Work order:
Write out the data below exactly, from its first line to the line containing "let is = store.fragment(stripe, *place)", that line included.

§ §

//! The calls of a store in memory.
use crate::repair::asserting::assert_holds;
use lrc_code::Place;
use std::io::ErrorKind;
use std::process::Abort;
use store_repair::{Fragment, MemoryFragment, MemoryStore, NewFragment, Placed, Store};

/// What is put into a store.
static PUT: [(&str, Place, &[u8]); 4] = [
    ("a", Place::X0, b"one"),
    ("ab", Place::X0, b"two"),
    ("a", Place::P1, b"three"),
    ("a", Place::X0, b"four"),
];

/// What it has then.
static FOUND: [(&str, Place, Option<&[u8]>); 5] = [
    ("a", Place::X0, Some(b"four")),
    ("ab", Place::X0, Some(b"two")),
    ("a", Place::P1, Some(b"three")),
    ("b", Place::X0, None),
    ("a", Place::X1, None),
];

#[test]
fn put_is_found(rt: HostRuntime) {
    let mut store = MemoryStore::new(rt.alloc());
    for (stripe, place, bytes) in &PUT {
        store
            .put(stripe, *place, bytes)
            .expect(&rt, "room for a fragment");
    }
    for (stripe, place, bytes) in &FOUND {
        let is = store.fragment(stripe, *place) == *bytes;
        assert_holds(&rt, is && store.kept(stripe, *place).is_none(), stripe);
    }
}

/// Whether a store has these bytes under x0's name and its second name.
fn has(store: &MemoryStore, bytes: Option<&[u8]>, kept: Option<&[u8]>) -> bool {
    store.fragment("a", Place::X0) == bytes && store.kept("a", Place::X0) == kept
}

/// Why a fragment isn't opened, if it isn't.
fn refusal(store: &MemoryStore, place: Place, length: usize) -> Option<ErrorKind> {
    match store.open("a", place, length) {
        Ok(_) => None,
        Err(error) => Some(error.kind()),
    }
}

/// Whether three bytes of a fragment from 2 on are these, and three from 4 on are too many.
fn is_read(fragment: &MemoryFragment, wanted: [u8; 3]) -> bool {
    let mut bytes = [0; 3];
    let is = fragment.read_at(2, &mut bytes).is_ok() && bytes == wanted;
    match fragment.read_at(4, &mut bytes) {
        Ok(()) => false,
        Err(error) => is && error.kind() == ErrorKind::UnexpectedEof,
    }
}

#[test]
fn opened_fragment_is_read(rt: HostRuntime) {
    let mut store = MemoryStore::new(rt.alloc());
    store
        .put("a", Place::X0, b"abcdef")
        .expect(&rt, "room for a fragment");
    let is_long = refusal(&store, Place::X0, 7) == Some(ErrorKind::UnexpectedEof);
    assert_holds(&rt, is_long, "x0 is shorter");
    let is_absent = refusal(&store, Place::X1, 6) == Some(ErrorKind::NotFound);
    assert_holds(&rt, is_absent, "x1 isn't there");
    let fragment = store.open("a", Place::X0, 6).expect(&rt, "x0");
    assert_holds(&rt, is_read(&fragment, *b"cde"), "x0 is read");
}

/// Makes a fragment of two parts, and gives it the name of x0, which has nothing else than these bytes until then.
fn placed(
    rt: &impl Abort,
    store: &mut MemoryStore,
    parts: [&[u8]; 2],
    before: Option<&[u8]>,
) -> Option<Placed> {
    let mut fragment = store.create("a", Place::X0).expect(rt, "a fragment");
    let is_made = fragment.append(parts[0]).is_ok() && fragment.append(parts[1]).is_ok();
    if !is_made || !has(store, before, None) {
        return None;
    }
    store.place(fragment, "a", Place::X0).ok()
}

#[test]
fn new_fragment_gets_its_name(rt: HostRuntime) {
    let mut store = MemoryStore::new(rt.alloc());
    let first = placed(&rt, &mut store, [b"ab", b"c"], None);
    assert_holds(&rt, first == Some(Placed::Placed), "the first gets it");
    let second = placed(&rt, &mut store, [b"", b""], Some(b"abc"));
    assert_holds(&rt, second == Some(Placed::IsThere), "the second doesn't");
    assert_holds(&rt, has(&store, Some(b"abc"), None), "x0 is the first");
}

/// Replaces x0 by a fragment without bytes.
fn replaced(rt: &impl Abort, store: &mut MemoryStore) -> Option<Placed> {
    let fragment = store.create("a", Place::X0).expect(rt, "a fragment");
    store.replace(fragment, "a", Place::X0).ok()
}

#[test]
fn replaced_fragment_is_kept_once(rt: HostRuntime) {
    let mut store = MemoryStore::new(rt.alloc());
    store
        .put("a", Place::X0, b"abc")
        .expect(&rt, "room for a fragment");
    let first = replaced(&rt, &mut store);
    let is_kept = first == Some(Placed::Placed) && has(&store, Some(b""), Some(b"abc"));
    assert_holds(&rt, is_kept, "it is kept");
    let second = replaced(&rt, &mut store);
    assert_holds(&rt, second == Some(Placed::IsThere), "the second isn't");
}

#[test]
fn discarded_fragment_has_no_name(rt: HostRuntime) {
    let mut store = MemoryStore::new(rt.alloc());
    let fragment = store.create("a", Place::X0).expect(&rt, "a fragment");
    assert_holds(&rt, store.discard(fragment).is_ok(), "it is discarded");
    assert_holds(&rt, store.settle().is_ok(), "it is settled");
    assert_holds(&rt, has(&store, None, None), "it has no name");
}
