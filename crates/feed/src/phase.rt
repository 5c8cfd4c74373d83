// Where the last byte fed stands, and what becomes of the option in hand: enums, with the numbers that the state has for them.
ghost use Rattle.std.specs.Prelude.{◌≡◌};
ghost use Rattle.feed.specs.Numbers.{phase_of, keep_of, keep_number_of};
ghost use Rattle.feed.specs.Step.{keep_number};

// Between options, behind a type byte, in an option, or nowhere, as the buffer is too short.
#[derive(Clone, Copy, PartialEq, Eq)]
pub(crate) enum Phase {
    Between = 0,
    Typed = 1,
    Within = 2,
    Short = 255,
}

// Another number stands for between options.
impl From<u8> for Phase {
    ghost from_gives = { λ number phase. phase ≡ phase_of number };

    fn from(number: u8) -> Phase {
        match number {
            1 => Phase::Typed,
            2 => Phase::Within,
            255 => Phase::Short,
            _ => Phase::Between,
        }
    }
}

// An option is dropped, kept as an empty container, or kept whole.
#[derive(Clone, Copy, PartialEq, Eq)]
pub(crate) enum Keep {
    Dropped = 0,
    Empty = 1,
    Whole = 2,
}

// Another number stands for whole.
impl From<u8> for Keep {
    ghost from_gives = { λ number keep. keep ≡ keep_of number };

    fn from(number: u8) -> Keep {
        match number {
            0 => Keep::Dropped,
            1 => Keep::Empty,
            _ => Keep::Whole,
        }
    }
}

impl Keep {
    // Of metric containers (RFC 6550, 6.7.4) the first eight are kept whole, the ninth as an empty one; no other option is kept.
    pub(crate) fn of(option_type: u8, count: u8) -> Keep
        ensures { keep_number_of result ≡ keep_number option_type count }
    {
        // each answer by its own `return`: the numbers of an `if` with `else`s are worked out for every option, dropped ones too
        if option_type != 2 {
            return Keep::Dropped;
        }
        if count < 8 {
            return Keep::Whole;
        }
        if count == 8 {
            return Keep::Empty;
        }
        Keep::Dropped
    }
}
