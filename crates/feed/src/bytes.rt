// The parts of a run, byte by byte: of every option its container is kept, and of one that is not, the type byte while it is
// incomplete.
ghost use Rattle.std.specs.Prelude.{◌≡◌, length};
ghost use Rattle.feed.specs.Numbers.{phase_of, keep_of};
ghost use Rattle.feed.specs.Step.{more, stored, one_more, closed, closed_in, gone, gone_in, begun, begun_in, stepped, stepped_in, goes_on, goes_on_in, fed, fed_in};
ghost use Rattle.feed.specs.Keeping.{Becomes};

use crate::phase::{Keep, Phase};

// What was fed so far, all zeros before the first part: the bytes kept; where the last byte stands, 1 behind a type byte, 2 in an
// option, 255 where the buffer was too short, else between options; what becomes of the option in hand, 0 dropped, 1 kept as
// an empty container, else kept whole, and how many of its bytes are missing; the containers so far, nine for more. Flat numbers,
// and the size apart from the buffer, as C holds both and may hand in any: `Phase` and `Keep` are what they are read as.
#[repr(C)]
#[derive(Clone, Copy)]
pub struct Fed {
    pub size: u16,
    pub phase: u8,
    pub keep: u8,
    pub missing: u8,
    pub count: u8,
}

// Bytes that hold what is kept of any run: eight containers, an empty one, and the type byte of an option that is cut short.
pub const KEPT_ROOM: usize = 2059;

impl Fed {
    // Between options, with so many bytes kept and so many containers.
    fn between(size: u16, count: u8) -> Fed
        ensures { result ≡ record { size = size; phase = 0; keep = 0; missing = 0; count = count } }
    {
        Fed {
            size,
            phase: Phase::Between as u8,
            keep: Keep::Dropped as u8,
            missing: 0,
            count,
        }
    }

    fn phase(self) -> Phase
        ensures { result ≡ phase_of self.phase }
    {
        Phase::from(self.phase)
    }

    fn keep(self) -> Keep
        ensures { result ≡ keep_of self.keep }
    {
        Keep::from(self.keep)
    }
}

// One container more, of at most nine. Not by `min`: a count over nine, which C may hand in, stays (`one_more`, specs/Step.antt).
fn one_more(count: u8) -> u8
    ensures { result ≡ one_more count }
{
    if count < 9 { count + 1 } else { count }
}

// The state, and the lent buffer, which has room for all that is kept.
#[derive(Drop)]
struct Keeper<'a> {
    fed: Fed,
    kept: &'a mut [u8; KEPT_ROOM],
}

impl Keeper<'_> {
    // One byte more behind those that are kept.
    #[tactic(auto, unfolding(crate::specs::Step::more, crate::specs::Step::stored))]
    fn keep_byte(&mut self, byte: u8)
        ensures { Becomes self.old self.new (more self.old.fed) (stored self.old.fed byte self.old.kept.now) }
    {
        let at = self.fed.size as usize;
        if at < KEPT_ROOM {
            self.kept[at] = byte;
            self.fed.size += 1;
        }
    }

    // An option that is complete. Of one that is dropped the type byte was kept until here.
    #[tactic(auto, unfolding(crate::specs::Step::closed, crate::specs::Step::closed_in))]
    fn close(&mut self)
        ensures { Becomes self.old self.new (closed self.old.fed) (closed_in self.old.fed self.old.kept.now) }
    {
        // by tests and not by a `match`, which takes 11 instructions more at an option of two bytes
        let Fed { size, count, .. } = self.fed;
        if self.fed.keep() == Keep::Dropped {
            self.fed = Fed::between(size.saturating_sub(1), count);
            return;
        }
        if self.fed.keep() == Keep::Empty {
            self.keep_byte(0);
        }
        self.fed = Fed::between(self.fed.size, one_more(count));
    }

    // An option of which so many bytes are missing.
    fn go_on(&mut self, missing: u8)
        ensures { Becomes self.old self.new (goes_on self.old.fed missing) (goes_on_in self.old.fed missing self.old.kept.now) }
    {
        if missing == 0 {
            self.close();
            return;
        }
        self.fed = Fed {
            phase: Phase::Within as u8,
            missing,
            ..self.fed
        };
    }

    // A byte of an option's length or data, behind which so many bytes are missing.
    #[tactic(auto, unfolding(crate::specs::Step::gone, crate::specs::Step::gone_in))]
    fn take_byte(&mut self, byte: u8, missing: u8)
        ensures { Becomes self.old self.new (gone self.old.fed missing) (gone_in self.old.fed missing byte self.old.kept.now) }
    {
        if self.fed.keep() == Keep::Whole {
            self.keep_byte(byte);
        }
        self.go_on(missing);
    }

    // A byte between options: Pad1, or a type byte.
    #[tactic(auto, unfolding(crate::specs::Step::begun, crate::specs::Step::begun_in, crate::specs::Step::more))]
    fn begin(&mut self, byte: u8)
        ensures { Becomes self.old self.new (begun self.old.fed byte) (begun_in self.old.fed byte self.old.kept.now) }
    {
        if byte == 0 {
            self.fed = Fed::between(self.fed.size, self.fed.count);
            return;
        }
        self.keep_byte(byte);
        self.fed = Fed {
            phase: Phase::Typed as u8,
            keep: Keep::of(byte, self.fed.count) as u8,
            missing: 0,
            ..self.fed
        };
    }

    // One byte more.
    #[tactic(auto, unfolding(crate::specs::Step::stepped, crate::specs::Step::stepped_in))]
    fn feed_byte(&mut self, byte: u8)
        ensures { Becomes self.old self.new (stepped self.old.fed byte) (stepped_in self.old.fed byte self.old.kept.now) }
    {
        match self.fed.phase() {
            Phase::Typed => self.take_byte(byte, byte),
            Phase::Within => self.take_byte(byte, self.fed.missing.saturating_sub(1)),
            Phase::Between | Phase::Short => self.begin(byte),
        }
    }
}

// Takes the next part of a run; answers the state for the part behind it.
#[tactic(auto, unfolding(crate::specs::Step::fed, crate::specs::Step::fed_in))]
pub fn feed(state: Fed, part: &[u8], kept: &mut [u8]) -> Fed
    ensures value { result ≡ fed state part.now (length kept.old) }
    ensures written { kept.new ≡ fed_in state part.now kept.old }
{
    let Some(kept) = kept.first_chunk_mut::<KEPT_ROOM>() else {
        return Fed {
            phase: Phase::Short as u8,
            ..state
        };
    };
    if state.phase() == Phase::Short {
        return state;
    }
    let mut keeper = Keeper { fed: state, kept };
    for &byte in part {
        keeper.feed_byte(byte);
    }
    keeper.fed
}
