// A run of options that comes in parts: its containers are kept in a lent buffer, as a run that reads as all that was fed.
#![tactic(auto)]

mod bytes;
mod phase;

pub use bytes::{Fed, KEPT_ROOM, feed};
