// Merge: the members of two images in a third.

#![tactic(auto)]

pub mod merge;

§ §

Answer below:
//! The calls of a store in memory.
use crate::repair::asserting::assert_holds;
use lrc_code::Place;
use std::io::ErrorKind;
use std::process::Abort;
use store_repair::{Fragment, MemoryFragment, MemoryStore, NewFragment, Placed, Store};

/// What is put into a store.
static PUT: [(&str, Place, &[u8]); 4] = [
    ("a", Place::X0, b"one"),
    ("ab", Place::X0, b"two"),
    ("a", Place::P1, b"three"),
    ("a", Place::X0, b"four"),
];

/// What it has then.
static FOUND: [(&str, Place, Option<&[u8]>); 5] = [
    ("a", Place::X0, Some(b"four")),
    ("ab", Place::X0, Some(b"two")),
    ("a", Place::P1, Some(b"three")),
    ("b", Place::X0, None),
    ("a", Place::X1, None),
];

#[test]
fn put_is_found(rt: HostRuntime) {
    let mut store = MemoryStore::new(rt.alloc());
    for (stripe, place, bytes) in &PUT {
        store
            .put(stripe, *place, bytes)
            .expect(&rt, "room for a fragment");
    }
    for (stripe, place, bytes) in &FOUND {
        let is = store.fragment(stripe, *place) == *bytes;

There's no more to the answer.